DNA sequencing of a cytogenetically normal acute myeloid leukaemia genome.
Ley T.J., Mardis E.R., Ding L., Fulton B., McLellan M.D., Chen K., Dooling D., Dunford-Shore B.H., McGrath S., Hickenbotham M., Cook L., Abbott R., Larson D.E., Koboldt D.C., Pohl C., Smith S., Hawkins A., Abbott S., Locke D., Hillier L.W., Miner T., Fulton L., Magrini V., Wylie T., Glasscock J., Conyers J., Sander N., Shi X., Osborne J.R., Minx P., Gordon D., Chinwalla A., Zhao Y., Ries R.E., Payton J.E., Westervelt P., Tomasson M.H., Watson M., Baty J., Ivanovich J., Heath S., Shannon W.D., Nagarajan R., Walter M.J., Link D.C., Graubert T.A., DiPersio J.F., Wilson R.K.
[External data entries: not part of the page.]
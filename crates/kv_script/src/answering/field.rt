//! Objects of JSON with a few members.

ghost use Rattle.std.specs.Prelude.{◌≡◌, ◌++◌, OnOk, OnErr, count_by};
ghost use Rattle.serde_json.specs.Data.{object, string, boolean, member};
ghost use Rattle.serde_json.specs.Events.{SendsValue};
ghost use Rattle.serde_json.specs.Written.{compact_text};
ghost use Rattle.kv_script.specs.inside.Fields.{number_field, optional_field};
ghost use Rattle.kv_script.specs.inside.Objects.{field_of, fields_of, is_there};
ghost use Rattle.kv_script.specs.inside.Sends.{SendsFront};
ghost use Rattle.kv_script.specs.Line.{line};

use crate::answering::json_line::append_line;
use crate::answering::unsent::Unsent;
use serde::{Described, Serialize, Serializer};
use std::alloc::{AllocError, Global};

/// A member of an object: its name, and what it is.
#[derive(Clone, Copy)]
pub(crate) enum Field<'a> {
    Number(&'a str, u64),
    // A number, where there is one; else no member.
    Optional(&'a str, Option<u64>),
    Text(&'a str, &'a str),
    Truth(&'a str, bool),
}

/// Sends a member that is a text.
pub(crate) fn send_text<S: Serializer>(out: &mut S, name: &str, text: &str) -> Result<(), Unsent>
    ensures { OnOk result (SendsFront (member name.now (string text.now)) (S.written out.old) (S.written out.new)) }
{
    let Ok(()) = out.key(name) else {
        return Err(Unsent);
    };
    let Ok(()) = out.str(text) else {
        return Err(Unsent);
    };
    Ok(())
}

/// Sends a member that is a number.
pub(crate) fn send_number<S: Serializer>(out: &mut S, name: &str, n: u64) -> Result<(), Unsent>
    ensures { OnOk result (SendsFront (number_field name.now n) (S.written out.old) (S.written out.new)) }
{
    let Ok(()) = out.key(name) else {
        return Err(Unsent);
    };
    let Ok(()) = out.u64(n) else {
        return Err(Unsent);
    };
    Ok(())
}

fn send_truth<S: Serializer>(out: &mut S, name: &str, truth: bool) -> Result<(), Unsent>
    ensures { OnOk result (SendsFront (member name.now (boolean truth)) (S.written out.old) (S.written out.new)) }
{
    let Ok(()) = out.key(name) else {
        return Err(Unsent);
    };
    let Ok(()) = out.bool(truth) else {
        return Err(Unsent);
    };
    Ok(())
}

fn send_optional<S: Serializer>(out: &mut S, name: &str, n: Option<u64>) -> Result<(), Unsent>
    ensures { OnOk result (SendsFront (optional_field name.now n) (S.written out.old) (S.written out.new)) }
{
    match n {
        Some(n) => send_number(out, name, n),
        None => Ok(()),
    }
}

fn send_field<S: Serializer>(out: &mut S, field: Field<'_>) -> Result<(), Unsent>
    ensures { OnOk result (SendsFront (field_of field.entry) (S.written out.old) (S.written out.new)) }
{
    match field {
        Field::Number(name, n) => send_number(out, name, n),
        Field::Optional(name, n) => send_optional(out, name, n),
        Field::Text(name, text) => send_text(out, name, text),
        Field::Truth(name, truth) => send_truth(out, name, truth),
    }
}

fn is_there(field: &Field<'_>) -> bool
    ensures { result ≡ is_there field.now }
{
    !matches!(field, Field::Optional(_, None))
}

// How many members there are.
fn count(fields: &[Field<'_>]) -> usize
    ensures { result ≡ count_by is_there fields.now }
{
    fields.iter().filter(|field| is_there(field)).count()
}

// An object with these members.
#[derive(Clone, Copy)]
struct Object<'a>(&'a [Field<'a>]);

impl Described for Object<'_> {
    ghost writes = { λ fields. SendsValue (object (fields_of fields.0.now)) };
}

impl Serialize for Object<'_> {
    fn serialize<S: Serializer>(&self, out: &mut S) -> Result<(), S::Error> {
        out.begin_map(Some(count(self.0)))?;
        for field in self.0 {
            let Ok(()) = send_field(out, *field) else {
                return Err(out.custom("unsent"));
            };
        }
        out.end_map()
    }
}

/// Appends an object with these members, and a line feed.
pub(crate) fn append_object(
    alloc: Global,
    out: &mut Vec<u8>,
    fields: &[Field<'_>],
) -> Result<(), AllocError>
    ensures ok { OnOk result (out.new.items ≡ out.old.items ++ line (compact_text (object (fields_of fields.now)))) }
    ensures err { OnErr result (out.new.items ≡ out.old.items) }
{
    append_line(alloc, out, &Object(fields))
}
Acute myeloid leukaemia is a highly malignant haematopoietic tumour that affects about 13,000 adults in the United States each year. The treatment of this disease has changed little in the past two decades, because most of the genetic events that initiate the disease remain undiscovered. Whole-genome sequencing is now possible at a reasonable cost and timeframe to use this approach for the unbiased discovery of tumour-specific somatic mutations that alter the protein-coding genes. Here we present the results obtained from sequencing a typical acute myeloid leukaemia genome, and its matched normal counterpart obtained from the same patient's skin. We discovered ten genes with acquired mutations; two were previously described mutations that are thought to contribute to tumour progression, and eight were new mutations present in virtually all tumour cells at presentation and relapse, the function of which is not yet known. Our study establishes whole-genome sequencing as an unbiased method for discovering cancer-initiating mutations in previously unidentified genes that may respond to targeted therapies.